И вот сейчас Опу выйдет к той самой железной дороге. И ему не надо торопиться, он не заблудится, и никто не будет его ругать.
Опу казалось, что они с отцом совсем недалеко отошли от дома, и вдруг он с удивлением увидел, что, пересекая луг, куда-то далеко уходит высокая насыпь.
На белых столбах кто-то натянул верёвки. Столбы и верёвки уходили вдаль, далеко-далеко…
— Смотри, сынок, — сказал отец, — это и есть железная дорога.
Опу быстро пробежал шлагбаум и выбежал на переезд. Он с удивлением рассматривал железную дорогу. Зачем эти длинные железные палки? Неужели поезд идёт по ним?.. А почему не по земле? Разве на палках ему не скользко?.. А эти верёвки называются «провода»? Почему они гудят?.. По проводам передают новости? А кто их передаёт? Как их передают?.. С какой стороны станция?.. Как — и там и там?
Хорихор терпеливо отвечал на все вопросы сына.
Наконец Опу спросил:
— Папа, а когда пойдёт поезд? Я хочу посмотреть на него.
— Мы не сможем его увидеть. Он пойдёт только в полдень, через несколько часов.
— Ну и пусть. Мы подождём. Ладно? Я же никогда не видел поезда!
— Перестань говорить чепуху! — рассердился отец. — Вот почему я никогда и не беру тебя с собой! Не сидеть же нам до самого полудня на этой жаре. Пойдём! Я покажу тебе поезд потом, на обратном пути.
Опу поглядел на дорогу глазами, полными слёз, и покорно поплёлся за отцом.
В ГОСТЯХ
Они пришли в деревню, когда уже стемнело. Это и была цель их путешествия. Ученика Хорихора звали Локхо́н Мохаджо́н. Это был очень богатый крестьянин, и всё же он с почтением встретил отца Опу. В большом, крытом соломой доме для них была уже приготовлена комната.
Утром жена младшего брата Локхона Мохаджона пошла купаться на пруд. Войдя в воду, она оглянулась на берег и увидела, что маленький незнакомый мальчик бродит в банановом саду с прутом в руках и бормочет что-то себе под нос, как ненормальный. Она подошла к изгороди и спросила:
— Ты к кому приехал, мальчик?
Опу храбр, только когда мама рядом. Без неё он очень застенчив и робок. Сначала Опу хотел было убежать, но потом всё-таки ответил:
— Во-о-он в тот дом.
— К моему деверю? Значит, ты сын учителя…

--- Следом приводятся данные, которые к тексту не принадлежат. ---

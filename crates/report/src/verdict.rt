//! The verdict on a history.

ghost use Rattle.std.specs.Prelude.{◌≡◌};

use checker::Refusal;
use reading::{Fault, TextFailure};
use seq_objects::Kind;

/// What a history has of one kind: objects that some invocation names, even a failed one, and
/// operations that did not fail.
#[derive(Clone, Copy, Debug, PartialEq, Eq)]
pub struct KindCount {
    pub kind: Kind,
    pub objects: usize,
    pub operations: usize,
}

/// What a history has, in all and of each kind. The kinds are in the order of their first
/// invocations.
#[derive(Debug, PartialEq, Eq, Drop)]
pub struct Summary {
    pub operations: usize,
    pub objects: usize,
    pub kinds: Vec<KindCount>,
}

/// The verdict on a history and its certificates.
#[derive(Debug, PartialEq, Eq, Drop)]
pub enum Verdict {
    /// The certificates hold, so the history is linearizable.
    Yes(Summary),
    /// The certificates are refused.
    No(Refusal),
    Malformed(Fault),
    NoMemory,
}

// The verdict if a text could not be read.
impl From<TextFailure> for Verdict {
    ghost use Rattle.report.specs.Verdicts.{verdict_of};

    ghost from_gives = { λ stop v. v ≡ verdict_of stop };

    fn from(stop: TextFailure) -> Verdict {
        match stop {
            TextFailure::Faulty(fault) => Verdict::Malformed(fault),
            TextFailure::NoMemory => Verdict::NoMemory,
        }
    }
}
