//! The lines of reasons and of their operations that no command writes, and those when an
//! allocation fails.

use cuts::{Cut, part_by};
use edn::read_forms;
use events::split;
use history::read_history_text;
use reason_report::{push_operations, push_reason};
use refutation::{Reason, ReasonFault, ReasonFaultKind, read_reasons, reason_lines};
use std::alloc::Global;
use std::test::Fail;

/// The reasons of a text, or the fault of its forms.
fn read(alloc: Global, text: &[u8]) -> Result<Result<Vec<Reason>, ReasonFault>, Fail> {
    let Ok(forms) = read_forms(alloc, text) else {
        return Err(Fail::new("a text of forms is refused"));
    };
    Ok(read_reasons(alloc, forms.as_slice()))
}

/// Each kind of cut, of count and of search, with its least and greatest numbers. What a cut or a
/// count means as it is read is tested on the built program.
const LINES: [&str; 27] = [
    "{:object 0, :cuts [{:from 17}]}\n",
    "{:object 0, :cuts [{:from 0}]}\n",
    "{:object 0, :cuts [{:until 120}]}\n",
    "{:object 0, :cuts [{:until 4294967295}]}\n",
    "{:object 0, :cuts [{:without 7, :before 120}]}\n",
    "{:object 0, :cuts [{:without -9223372036854775808, :before 4294967295}]}\n",
    "{:object 0, :cuts [{:keep [1 2], :numbers [4 7]}]}\n",
    "{:object 0, :cuts [{:keep :all, :numbers [3]}]}\n",
    "{:object 0, :cuts [{:keep []}]}\n",
    "{:object 0, :cuts [{:keep [-9223372036854775808 -1 9223372036854775807], :numbers [0 \
     4294967295]}]}\n",
    "{:object 0, :cuts [{:cell [1], :other 9, :numbers [4]}]}\n",
    "{:object 0, :cuts [{:cell :all, :other -3}]}\n",
    "{:object 0, :cuts [{:cell [1], :key 5, :other 9}]}\n",
    "{:object 0, :cuts [{:cell :all, :key -5, :other 0, :numbers [1 2 3]}]}\n",
    "{:object 65535, :cuts [], :count {:value 7, :from 0}}\n",
    "{:object 65535, :cuts [], :count {:value -7, :from 12}}\n",
    "{:object 65535, :cuts [], :count {:key 5, :value 7, :from 0}}\n",
    "{:object 65535, :cuts [], :count {:key 5, :from 3}}\n",
    "{:object 65535, :cuts [], :count {:held true, :from 0}}\n",
    "{:object 65535, :cuts [], :count {:free true, :from 4294967295}}\n",
    "{:object 65535, :cuts [], :count {:ahead 0}}\n",
    "{:object 65535, :cuts [], :count {:ahead 4294967295}}\n",
    "{:object 65535, :cuts [{:until 9}], :count {:ahead 7, :from 4294967295}}\n",
    "{:object 4, :cuts [], :search {:first :return}}\n",
    "{:object 4, :cuts [], :search {:first :return, :steps 4294967295}}\n",
    "{:object 4, :cuts [{:until 3}], :search {:first :number, :steps 0}}\n",
    "{:object 2, :cuts [{:until 120} {:from 17} {:keep [1 2]}], :count {:value 7, :from 17}}\n",
];

#[test]
fn reasons_that_were_read_are_written_as_they_were(rt: HostRuntime) -> Result<(), Fail> {
    for line in LINES.iter() {
        let Ok(reasons) = read(rt.alloc(), line.as_bytes())? else {
            return Err(Fail::new("a reason is refused"));
        };
        let written = reason_lines(rt.alloc(), reasons.as_slice())?;
        assert!(rt; written.as_slice() == line.as_bytes(), "{line}");
    }
    Ok(())
}

/// With `:ahead` the other keys of a count are ignored, except `:from`.
#[test]
fn what_was_ahead_is_counted_whatever_else_a_count_says(rt: HostRuntime) -> Result<(), Fail> {
    let text = b"{:object 0, :count {:value :x, :key :y, :held true, :ahead 3, :from 0}}";
    let Ok(reasons) = read(rt.alloc(), text)? else {
        return Err(Fail::new("a reason is refused"));
    };
    let written = reason_lines(rt.alloc(), reasons.as_slice())?;
    assert!(rt; written.as_slice() == b"{:object 0, :cuts [], :count {:ahead 3}}\n".as_slice());
    Ok(())
}

#[test]
fn what_was_ahead_is_counted_at_a_number_from_a_number(rt: HostRuntime) -> Result<(), Fail> {
    for count in [
        "{:ahead nil}",
        "{:ahead -1}",
        "{:ahead 4294967296}",
        "{:ahead nil, :value 7, :from 0}",
        "{:ahead 3, :from -1}",
        "{:ahead 3, :from nil}",
    ] {
        let text = format!(in rt.alloc(); "{{:object 0}} {{:object 0, :count {count}}}")?;
        let Err(fault) = read(rt.alloc(), text.as_bytes())? else {
            return Err(Fail::new("a reason is read"));
        };
        assert!(rt;
            fault.kind == ReasonFaultKind::NotAReason && fault.form == 1,
            "{count}"
        );
    }
    Ok(())
}

#[test]
fn the_lines_of_several_reasons_are_in_their_order(rt: HostRuntime) -> Result<(), Fail> {
    let text =
        b"{:object 0, :cuts [{:cell [-2], :other 9, :numbers [4]}]}\n{:object 3, :cuts []}\n";
    let Ok(reasons) = read(rt.alloc(), text)? else {
        return Err(Fail::new("reasons are refused"));
    };
    let written = reason_lines(rt.alloc(), reasons.as_slice())?;
    assert!(rt; written.as_slice() == text.as_slice());
    Ok(())
}

/// Passes for each allocation that is refused: the reader says that an allocation failed, or
/// reads the text.
#[test]
fn where_memory_is_refused_reasons_are_read_or_the_fault_says_so(
    rt: HostRuntime,
) -> Result<(), Fail> {
    let text = "{:object 0, :cuts [{:keep [1 2], :numbers [4 7]} {:until 9}]} {:object 3}";
    let Ok(forms) = read_forms(rt.alloc(), text.as_bytes()) else {
        return Ok(());
    };
    match read_reasons(rt.alloc(), forms.as_slice()) {
        Ok(reasons) => assert!(rt; reasons.len() == 2),
        Err(fault) => {
            assert!(rt; fault.kind == ReasonFaultKind::NoMemory);
            assert!(rt; fault.kind.number() == 2);
        }
    }
    Ok(())
}

#[test]
fn a_line_of_a_reason_is_a_comment_or_not(rt: HostRuntime) -> Result<(), Fail> {
    let line = b"{:object 2, :cuts [{:until 40}], :count {:value 7, :from 0}}\n";
    let Ok(reasons) = read(rt.alloc(), line)? else {
        return Err(Fail::new("a reason is refused"));
    };
    let Some(reason) = reasons.first() else {
        return Err(Fail::new("no reason is read"));
    };
    for (commented, before) in [(false, "before\n"), (true, "before\n; ")] {
        let mut wanted = Vec::from_slice(rt.alloc(), before.as_bytes())?;
        wanted.extend_from_slice(line)?;
        let mut text = Vec::from_slice(rt.alloc(), b"before\n")?;
        push_reason(rt.alloc(), &mut text, commented, reason)?;
        assert!(rt; text.as_slice() == wanted.as_slice());
    }
    Ok(())
}

#[test]
fn of_a_part_without_operations_nothing_is_told(rt: HostRuntime) -> Result<(), Fail> {
    let text = b"{:process 0 :type :invoke :f :pop} {:process 0 :type :ok :f :pop}";
    let Ok(history) = read_history_text(rt.alloc(), text) else {
        return Err(Fail::new("a history is refused"));
    };
    let objects = split(rt.alloc(), &history)?;
    let Some(object) = objects.first() else {
        return Err(Fail::new("no object"));
    };
    let cuts = vec![in rt.alloc(); Cut::Until(0)]?;
    let Some(part) = part_by(rt.alloc(), object, &cuts)? else {
        return Err(Fail::new("no part"));
    };
    let mut text = Vec::from_slice(rt.alloc(), b"before\n")?;
    push_operations(&mut text, false, &history, &part)?;
    assert!(rt; text.as_slice() == b"before\n".as_slice());
    Ok(())
}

Женщина повела Опу к себе. Жила она рядом, на другом берегу пруда. Она так ласково обошлась с Опу, что мальчик скоро перестал стесняться. Когда они вошли в дом, Опу с интересом принялся рассматривать убранство комнат. Чего только он не увидел! В доме Опу нет таких вещей. Видно, здесь жили очень богатые люди. Вешалки, цветные занавески, фигурки слонов из кости, фарфоровые и глиняные куклы, игрушечные стеклянные деревья… Чего только здесь нет! Несколько вещиц Опу осторожно взял и, повертев в руках, бережно поставил на место.
Потом Опу рассказал о себе, рассказал о том, как он видел железную дорогу. А новая знакомая накормила его сладким пудингом. Опу получил целую чашку сладкого пудинга и столько топлёного масла, что можно было бы пальцы окунуть. Попробовав пудинг, мальчик потерял дар речи. Он никогда ничего вкуснее не ел! Но разве в пудинг добавляют изюм? Как же так? В пудинге, который готовит его мать, не бывает ни изюма, ни топлёного масла… Когда Опу вернётся домой, он скажет матери: «Мама, приготовь мне сегодня пудинг». «Хорошо», — ответит ему мама. Потом она поджарит муку грубого помола, зальёт кипятком, добавит патоки, смешает всё, запечёт и, полив сливками, с любовью подаст в чашке своему сыну. Опу всегда с удовольствием ел пудинг. Но он не подозревал, что пудинг бывает не только таким, каким его готовит мать. Между пудингом его матери и тем, который он ест сейчас, такая же разница, как между небом и землёй. И Опу стало жаль свою маму. Может, она и не знает, что пудинг нужно готовить по-другому? Эта мысль навела его на новое открытие: ведь у мамы его ничего нет, они бедняки, потому-то в их доме и не готовят ничего вкусного.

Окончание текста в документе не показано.